Date: September 20, 2024 Time: 17:57:49

The writer Yuri Vasilievich Bondarev.

Photo: TASS photo chronicle.

“THE DIAMOND SHINE OF A SIMPLE WORD”

Yuri Bondarev was one of the best Russian writers of the 20th century. Today it will seem like a rather bold statement to many, but it is enough to reread “Hot Snow” or “Silence” to remember how extraordinary the author of it was. And in the USSR, where dozens of excellent books about the war were written, Bondarev had few competitors.

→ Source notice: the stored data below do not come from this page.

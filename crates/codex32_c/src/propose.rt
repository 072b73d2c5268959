//! Proposes the nearest text to a damaged codex32 string of either length.

ghost use Rattle.std.specs.Prelude.{◌≡◌, ◌≢◌, ◌⊎◌, length};
ghost use Rattle.caller_memory.specs.Memory.{IsKept};
ghost use Rattle.codex32_calls.specs.Faults.{IsNumberOfCodex32};
ghost use Rattle.codex32_calls.specs.Propose.{CanPropose, IsProposeFault, PutsNearest};

use caller_memory::Memory;
use codex32_calls::propose::{Kind, nearest_of};

/// See `codex32_propose` in `include/codex32.h`.
#[unsafe(no_mangle)]
pub extern "C" fn codex32_propose(
    text: &[u8],
    memory: &mut Memory,
    proposed: &mut [u8],
    proposed_length: &mut usize,
) -> u32
    ensures value { result ≡ 0
        → PutsNearest Kind.Short text.now proposed.old proposed.new proposed_length.new }
    ensures accepts { CanPropose Kind.Short text.now (length proposed.old)
        → (result ≡ 0) ⊎ (result ≡ 91) }
    ensures refused { result ≢ 0
        → IsNumberOfCodex32 (IsProposeFault Kind.Short text.now (length proposed.old)) result }
    ensures same { result ≢ 0
        → (proposed.new ≡ proposed.old) × (proposed_length.new ≡ proposed_length.old) }
    ensures memory { (memory.new ≡ memory.old)
        ⊎ ((result ≡ 91) × IsKept memory.old memory.new) }
{
    match nearest_of(memory, Kind::Short, text, proposed) {
        Ok(count) => {
            *proposed_length = count;
            0
        }
        Err(refusal) => refusal.number(),
    }
}

/// See `codex32_propose_long` in `include/codex32.h`.
#[unsafe(no_mangle)]
pub extern "C" fn codex32_propose_long(
    text: &[u8],
    memory: &mut Memory,
    proposed: &mut [u8],
    proposed_length: &mut usize,
) -> u32
    ensures value { result ≡ 0
        → PutsNearest Kind.Long text.now proposed.old proposed.new proposed_length.new }
    ensures accepts { CanPropose Kind.Long text.now (length proposed.old)
        → (result ≡ 0) ⊎ (result ≡ 91) }
    ensures refused { result ≢ 0
        → IsNumberOfCodex32 (IsProposeFault Kind.Long text.now (length proposed.old)) result }
    ensures same { result ≢ 0
        → (proposed.new ≡ proposed.old) × (proposed_length.new ≡ proposed_length.old) }
    ensures memory { (memory.new ≡ memory.old)
        ⊎ ((result ≡ 91) × IsKept memory.old memory.new) }
{
    match nearest_of(memory, Kind::Long, text, proposed) {
        Ok(count) => {
            *proposed_length = count;
            0
        }
        Err(refusal) => refusal.number(),
    }
}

He knew war very well. He emerged as a cadet from infantry school in 1942, an eighteen-year-old who had just finished tenth grade. At Stalingrad he soon became commander of a mortar crew and then of an artillery battery. He managed to survive the meat grinder of the most terrible battle of the 20th century. He suffered frostbite, shock and was injured several times. “We went through all the circles of hell, full of hope, and we felt like people defending their home, their family and their loved ones. We seemed like very adult people who could no longer be surprised by anything. And at the same time, my companions, who returned after the war and were not afraid of anything, were afraid to kiss a girl… I think it was a miracle that I survived the war. Death was always there. One day a projectile fell in front of me and then I heard: “Lord, save and preserve!” And it did not explode,” said Yuri Vasilyevich in an interview with the writer Sergei Shargunov, which was his last.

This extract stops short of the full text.